Farei aqui uma breve distinção de dois tipos de volatilidade, que mostrarei posteriormente a diferença mínima entre as duas metodologias e uma breve comparação histórica das diferenças ao longo dos anos.

Como já discutido neste post, existe um erro persistente em anos eleitorais, pelo menos na curva pré. Supondo que o mercado seja racional e que precifique a taxa prefixada como sendo uma composição de inflação esperada + taxa real + riscos inerentes (tanto de liquidez, quanto de mercado, convexidade, etc.), pode-se supor que o erro também existe na taxa de juros real.
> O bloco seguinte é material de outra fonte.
//! Tests of calls that make a set from another set, a list or an iterator, with expected values
//! worked out by hand.

ghost use Rattle.std.specs.Prelude.{◌≤◌, IsTrue};

use crate::checks::same;
use bittle::prelude::*;
use bittle::{LittleEndian, Set};
use bittle_ext::prelude::*;

/// Returns the complement of a set.
fn complement_of<B: BitsOwned>(set: B) -> B
    requires { IsTrue B.indexable }
{
    set.complement()
}

#[test]
fn complements(rt: HostRuntime) {
    same!(rt; complement_of([0xFFu8, 0x0F]), [0x00, 0xF0]);
    same!(rt; complement_of(1i8), -2);
    same!(rt; complement_of(Set::new_le(0xF0u8)).into_bits(), 0x0F);
    let none: [u8; 0] = [];
    same!(rt; complement_of(none), none);
}

/// Names `with_range`, in a call of `with_change`.
const SET: u32 = 0;

/// Names `without_range`.
const CLEAR: u32 = 1;

/// Names `with_range_toggled`.
const FLIP: u32 = 2;

/// Returns a set with the range `from..to` changed by the call that `kind` names.
fn with_change<B: BitsOwned>(kind: u32, set: B, from: u32, to: u32) -> B
    requires indexable { IsTrue B.indexable }
    requires ordered { from ≤ to }
    requires within { to ≤ B.type_capacity }
{
    match kind {
        SET => set.with_range(from, to),
        CLEAR => set.without_range(from, to),
        _ => set.with_range_toggled(from, to),
    }
}

#[test]
fn ranges(rt: HostRuntime) {
    same!(rt; with_change(SET, [0u8; 2], 6, 11), [0xC0, 0x07]);
    same!(rt; with_change(CLEAR, [0xFFu8; 2], 6, 11), [0x3F, 0xF8]);
    same!(rt; with_change(FLIP, 0b0011_1100u8, 0, 4), 0b0011_0011);
    same!(rt; with_change(SET, 0u8, 8, 8), 0);
    same!(rt; with_change(CLEAR, 0xFFu8, 0, 8), 0);
}

/// Calls `with_change` on a little-endian set.
fn left_with_change<T: BitsOwned>(kind: u32, left: T, from: u32, to: u32) -> T
    requires indexable { IsTrue T.indexable }
    requires ordered { from ≤ to }
    requires within { to ≤ T.type_capacity }
{
    with_change(kind, Set::new_le(left), from, to).into_bits()
}

#[test]
fn ranges_from_the_left(rt: HostRuntime) {
    same!(rt; left_with_change(SET, 0u8, 0, 3), 0b1110_0000);
    same!(rt; left_with_change(CLEAR, 0xFFu8, 0, 3), 0b0001_1111);
    same!(rt; left_with_change(FLIP, 0b1100_0000u8, 1, 4), 0b1011_0000);
}

/// Returns the set of three indexes, the set of an empty list, and the set of a range.
fn of_indexes<B: BitsOwned>() -> [B; 3]
    requires { IsTrue B.indexable }
{
    [
        B::from_indexes(&[0, 7, 9]),
        B::from_indexes(&[]),
        B::from_iter(5..9),
    ]
}

/// Returns the set of four indexes that are sixteen apart.
fn of_steps<B: BitsOwned>() -> B
    requires { IsTrue B.indexable }
{
    B::from_iter((0..64).step_by(16))
}

#[test]
fn indexes(rt: HostRuntime) {
    same!(rt; of_indexes::<u8>(), [0b1000_0011, 0, 0b1110_0001]);
    let [three, none, four] = of_indexes::<Set<u8, LittleEndian>>();
    same!(rt; (three.into_bits(), none.into_bits()), (0b1100_0001, 0));
    same!(rt; four.into_bits(), 0b1000_0111);
    let [three, none, four] = of_indexes::<[u8; 2]>();
    same!(rt; (three, none, four), ([0x81, 0x02], [0, 0], [0xE0, 0x01]));
    same!(rt; of_steps::<u64>(), 0x0001_0001_0001_0001);
}
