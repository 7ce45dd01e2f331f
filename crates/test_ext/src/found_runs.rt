//! Tests of searches for runs of a given length. The expected values are worked out by hand, or by
//! a plain loop.

ghost use Rattle.std.specs.Prelude.{IsTrue};
ghost use Rattle.bittle.specs.Values.{ShapeFits};

use crate::checks::same;
use crate::random::draw;
use bittle::prelude::*;
use bittle::{BitsOwned, LittleEndian};
use bittle_ext::prelude::*;
use std::process::Abort;

/// Searches from index `from` on. For each length, returns the index at which the first run of that
/// many unset bits begins, or `None` if there is no such run.
fn zero_runs<B: Bits, const N: usize>(set: &B, from: u32, lengths: [u32; N]) -> [Option<u32>; N]
    requires { ShapeFits B.Shape set.now }
{
    let mut found = [None; N];
    for k in 0..N {
        found[k] = set.next_zero_run(from, lengths[k]);
    }
    found
}

/// Searches from index `from` on. For each length, returns the index at which the first run of that
/// many set bits begins, or `None` if there is no such run.
fn one_runs<B: Bits, const N: usize>(set: &B, from: u32, lengths: [u32; N]) -> [Option<u32>; N]
    requires { ShapeFits B.Shape set.now }
{
    let mut found = [None; N];
    for k in 0..N {
        found[k] = set.next_one_run(from, lengths[k]);
    }
    found
}

#[test]
fn runs_about_as_long_as_a_word(rt: HostRuntime) {
    // Bits 7 to 16 are unset. In little-endian order, these are bits 0, 8 to 15, and 23.
    let row: [u8; 3] = [0b0111_1111, 0, 0b1111_1110];
    let lengths = [0, 1, 7, 8, 9, 10, 11];
    let seven = Some(7);
    let all = [Some(0), seven, seven, seven, seven, seven, None];
    same!(rt; zero_runs(&row, 0, lengths), all);
    let left = row.in_order::<LittleEndian>();
    let all = [Some(0), Some(0), Some(8), Some(8), None, None, None];
    same!(rt; zero_runs(&left, 0, lengths), all);
    let slice: &[u8] = &row;
    same!(rt; zero_runs(&slice, 9, [7, 8, 9]), [Some(9), Some(9), None]);
    same!(rt; zero_runs(&slice, 10, [7, 8]), [Some(10), None]);
    same!(rt; one_runs(&slice, 3, [4, 5, 7, 8]), [Some(3), Some(17), Some(17), None]);
}

#[test]
fn runs_from_the_middle_of_a_word(rt: HostRuntime) {
    let word = 0b0011_1100u8;
    same!(rt; one_runs(&word, 3, [1, 3, 4]), [Some(3), Some(3), None]);
    same!(rt; zero_runs(&word, 1, [1, 2, 3]), [Some(1), Some(6), None]);
    same!(rt; zero_runs(&word, 8, [0, 1]), [Some(8), None]);
    same!(rt; one_runs(&word, 9, [0, 1]), [None, None]);
    same!(rt; zero_runs(&(1u128 << 100 | 1), 60, [27, 40, 41]), [Some(60), Some(60), None]);
    same!(rt; one_runs(&-4i8, 0, [6, 7]), [Some(2), None]);
    let none: [u16; 0] = [];
    same!(rt; zero_runs(&none, 0, [0, 1]), [Some(0), None]);
    same!(rt; one_runs(&none, 1, [0, 1]), [None, None]);
}

#[test]
fn runs_of_four_words_and_of_more(rt: HostRuntime) {
    // Bits 8 to 14, and 16 to 48, are unset.
    let row: [u8; 8] = [255, 128, 0, 0, 0, 0, 254, 255];
    let sixteen = Some(16);
    let lengths = [7, 8, 32, 33, 34];
    same!(rt; zero_runs(&row, 0, lengths), [Some(8), sixteen, sixteen, sixteen, None]);
    same!(rt; zero_runs(&row, 17, lengths), [Some(17), Some(17), Some(17), None, None]);
    same!(rt; one_runs(&row, 0, [8, 9, 15, 16]), [Some(0), Some(49), Some(49), None]);
}

/// Searches in the range `from..to`. Returns where the first run of `length` set bits begins, and
/// where the first run of `length` unset bits begins.
fn runs_within<B: Bits>(set: &B, from: u32, to: u32, length: u32) -> [Option<u32>; 2]
    requires { ShapeFits B.Shape set.now }
{
    [
        set.first_one_run_in_range(from, to, length),
        set.first_zero_run_in_range(from, to, length),
    ]
}

/// Checks what `runs_within` returns. Each case is a range, from the first number on and below the
/// second, then a length, and what is expected.
fn runs_within_are<B: Bits, const N: usize>(
    rt: &impl Abort,
    set: &B,
    cases: [(u32, u32, u32, [Option<u32>; 2]); N],
)
    requires { ShapeFits B.Shape set.now }
{
    for k in 0..N {
        let (from, to, length, expected) = cases[k];
        let found = runs_within(set, from, to, length);
        same!(*rt; (from, to, length, found), (from, to, length, expected));
    }
}

#[test]
fn runs_within_a_range(rt: HostRuntime) {
    // Bits 7 to 16 are unset. In little-endian order, these are bits 0, 8 to 15, and 23.
    let row: [u8; 3] = [0b0111_1111, 0, 0b1111_1110];
    let cases = [
        (3, 12, 4, [Some(3), Some(7)]),
        (3, 10, 4, [Some(3), None]),
        (5, 6, 2, [None, None]),
    ];
    runs_within_are(&rt, &row, cases);
    let from_left = [(1, 12, 3, [Some(1), Some(8)]), (1, 10, 3, [Some(1), None])];
    runs_within_are(&rt, &row.in_order::<LittleEndian>(), from_left);
}

#[test]
fn runs_that_end_with_a_range_or_go_past_its_end(rt: HostRuntime) {
    // Bits 7 to 16 are unset.
    let row: [u8; 3] = [0b0111_1111, 0, 0b1111_1110];
    let cases = [
        (3, 11, 4, [Some(3), Some(7)]),
        (3, 7, 4, [Some(3), None]),
        (3, 6, 4, [None, None]),
        (0, 16, 9, [None, Some(7)]),
        (0, 15, 9, [None, None]),
    ];
    runs_within_are(&rt, &row, cases);
    // Bits 8 to 14, and 16 to 48, are unset.
    let row: [u8; 8] = [255, 128, 0, 0, 0, 0, 254, 255];
    let cases = [
        (0, 49, 33, [None, Some(16)]),
        (0, 48, 33, [None, None]),
        (40, 49, 9, [None, Some(40)]),
        (41, 64, 15, [Some(49), None]),
        (41, 63, 15, [None, None]),
    ];
    runs_within_are(&rt, &row, cases);
}

#[test]
fn runs_within_a_range_past_the_capacity_or_backwards(rt: HostRuntime) {
    let row: [u8; 3] = [0b0111_1111, 0, 0b1111_1110];
    let cases = [
        (20, 40, 4, [Some(20), None]),
        (20, 40, 5, [None, None]),
        (9, 3, 1, [None, None]),
        (9, 3, 0, [Some(9), Some(9)]),
        (24, 30, 0, [Some(24), Some(24)]),
        (25, 30, 0, [None, None]),
    ];
    runs_within_are(&rt, &row, cases);
    let none: [u16; 0] = [];
    runs_within_are(
        &rt,
        &none,
        [(0, 9, 0, [Some(0), Some(0)]), (0, 9, 1, [None, None])],
    );
}

/// Sets the first run of `length` unset bits. Returns where the run begins, and the changed set.
fn taken<B: BitsOwned>(mut set: B, length: u32) -> (Option<u32>, B)
    requires { IsTrue B.indexable }
{
    (set.take_first_zero_run(length), set)
}

#[test]
fn a_run_across_words_is_taken(rt: HostRuntime) {
    let row: [u8; 3] = [0b0111_1111, 0, 0b1111_1110];
    same!(rt; taken(row, 9), (Some(7), [255, 255, 0b1111_1110]));
    same!(rt; taken(row, 0), (Some(0), row));
    same!(rt; taken(row, 11), (None, row));
}

/// Returns the bits of eight bytes as flags, by a loop over the bits. The order is little-endian if
/// `from_left` is `true`, else big-endian.
fn flags(row: &[u8; 8], from_left: bool) -> [bool; 64] {
    let mut flags = [false; 64];
    for k in 0..64usize {
        let place = if from_left { 7 - k % 8 } else { k % 8 };
        flags[k] = row[k / 8] >> place & 1 == 1;
    }
    flags
}

/// Searches from index `from` on, by a loop over the flags. Returns where the first run of `length`
/// flags that equal `value` begins.
fn plain_run(flags: &[bool; 64], value: bool, from: u32, length: u32) -> Option<u32> {
    if length == 0 {
        return if from <= 64 { Some(from) } else { None };
    }
    let mut run = 0u32;
    for k in 0..64usize {
        if from <= k as u32 {
            run = if flags[k] == value {
                run.saturating_add(1)
            } else {
                0
            };
            if run == length {
                return Some((k as u32).saturating_add(1).saturating_sub(length));
            }
        }
    }
    None
}

/// The lengths of the runs that the tests of random rows search for.
const LENGTHS: [u32; 11] = [0, 1, 2, 3, 5, 7, 8, 9, 16, 32, 33];

/// Returns the flags, with every flag outside the range `from..to` replaced by the opposite of
/// `value`, so that no run of `value` is found there.
fn part_of(flags: &[bool; 64], value: bool, from: u32, to: u32) -> [bool; 64] {
    let mut part = *flags;
    for k in 0..64usize {
        if (k as u32) < from || to <= k as u32 {
            part[k] = !value;
        }
    }
    part
}

/// Compares the runs in a range of a set of 64 bits with those that `plain_run` finds.
fn runs_within_as_plain<B: Bits>(rt: &impl Abort, set: &B, flags: &[bool; 64], from: u32, to: u32)
    requires { ShapeFits B.Shape set.now }
{
    let ones = part_of(flags, true, from, to);
    let zeros = part_of(flags, false, from, to);
    for k in 0..11usize {
        let length = LENGTHS[k];
        let plain = [
            plain_run(&ones, true, from, length),
            plain_run(&zeros, false, from, length),
        ];
        same!(*rt; runs_within(set, from, to, length), plain);
    }
}

/// Compares the runs in a set of 64 bits, at or after index `from`, with those that `plain_run`
/// finds.
fn runs_as_plain<B: Bits>(rt: &impl Abort, set: &B, flags: &[bool; 64], from: u32)
    requires { ShapeFits B.Shape set.now }
{
    let ones = one_runs(set, from, LENGTHS);
    let zeros = zero_runs(set, from, LENGTHS);
    for k in 0..11usize {
        same!(*rt; ones[k], plain_run(flags, true, from, LENGTHS[k]));
        same!(*rt; zeros[k], plain_run(flags, false, from, LENGTHS[k]));
    }
}

/// Makes the comparisons of `runs_as_plain` and of `runs_within_as_plain`.
fn all_runs_as_plain<B: Bits>(rt: &impl Abort, set: &B, flags: &[bool; 64], from: u32, to: u32)
    requires { ShapeFits B.Shape set.now }
{
    runs_as_plain(rt, set, flags, from);
    runs_within_as_plain(rt, set, flags, from, to);
}

/// Calls `all_runs_as_plain` on a set in little-endian order.
fn left_runs_as_plain<B: Bits>(rt: &impl Abort, set: &B, flags: &[bool; 64], from: u32, to: u32)
    requires { ShapeFits B.Shape set.now }
{
    all_runs_as_plain(rt, &set.in_order::<LittleEndian>(), flags, from, to);
}

#[test]
fn drawn_rows_have_the_runs_of_plain_arrays(rt: HostRuntime) {
    let mut state = 1u32;
    for round in 0..300u32 {
        // From index 0 on, the value of the bits changes at up to three random indexes. In every
        // second round, two single bits are flipped too.
        let mut word = 0u64;
        for _ in 0..3u32 {
            word ^= u64::MAX << (draw(&mut state) % 64);
        }
        if round % 2 == 0 {
            word ^= 1 << (draw(&mut state) % 64);
            word ^= 1 << (draw(&mut state) % 64);
        }
        let from = draw(&mut state) % 66;
        let row = word.to_le_bytes();
        let to = draw(&mut state) % 80;
        all_runs_as_plain(&rt, &row, &flags(&row, false), from, to);
        left_runs_as_plain(&rt, &row, &flags(&row, true), from, to);
        runs_as_plain(&rt, &word, &flags(&row, false), from);
    }
}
Mas por qual motivo deixo claro essa suposição? Pois passamos por um ano eleitoral conturbado, principalmente pelo crescimento de dois polos com uma disputa intensa pela presidência, com falas recentes preocupantes sobre fiscal, que geraram grandes movimentos no mercado, ou seja, dois fatores impactando as curvas para o mesmo lado.

Cotação vs Preço da NTN-B

Partindo das precificações apresentadas aqui podemos facilmente derivar a cotação de uma NTN-B a partir da fórmula generalista de pricing proposta:

(1) Fórmula de precificação de ativos

Sabe-se que os padrões da NTN-B são definidos por:

FACE = 1

C_y = 6%

C_f = 2

YTM = taxa da NTN-B

VNA = VNA do dia

A cotação será a parcela indicada até a multiplicação de face, ou ainda, o preço dividido pelo VNA.

Leitores mais experientes terão a malícia na análise para saber que ao considerar um fator de cotação, estarei desconsiderando o movimento do VNA ao longo dos anos.

Mas qual foi o comportamento histórico do VNA?

VNA — uma análise histórica

Uma nota importante sobre os dados de VNA da NTN-B é que existem dois pontos interessantes tanto sobre sua concepção quanto sobre os próprios ativos. O VNA foi travado em 1.000 na sua data base (15/07/2000), mas nessa época não haviam trades de NTN-B registrados na Anbima, que só foram aparecer ao redor de 2003.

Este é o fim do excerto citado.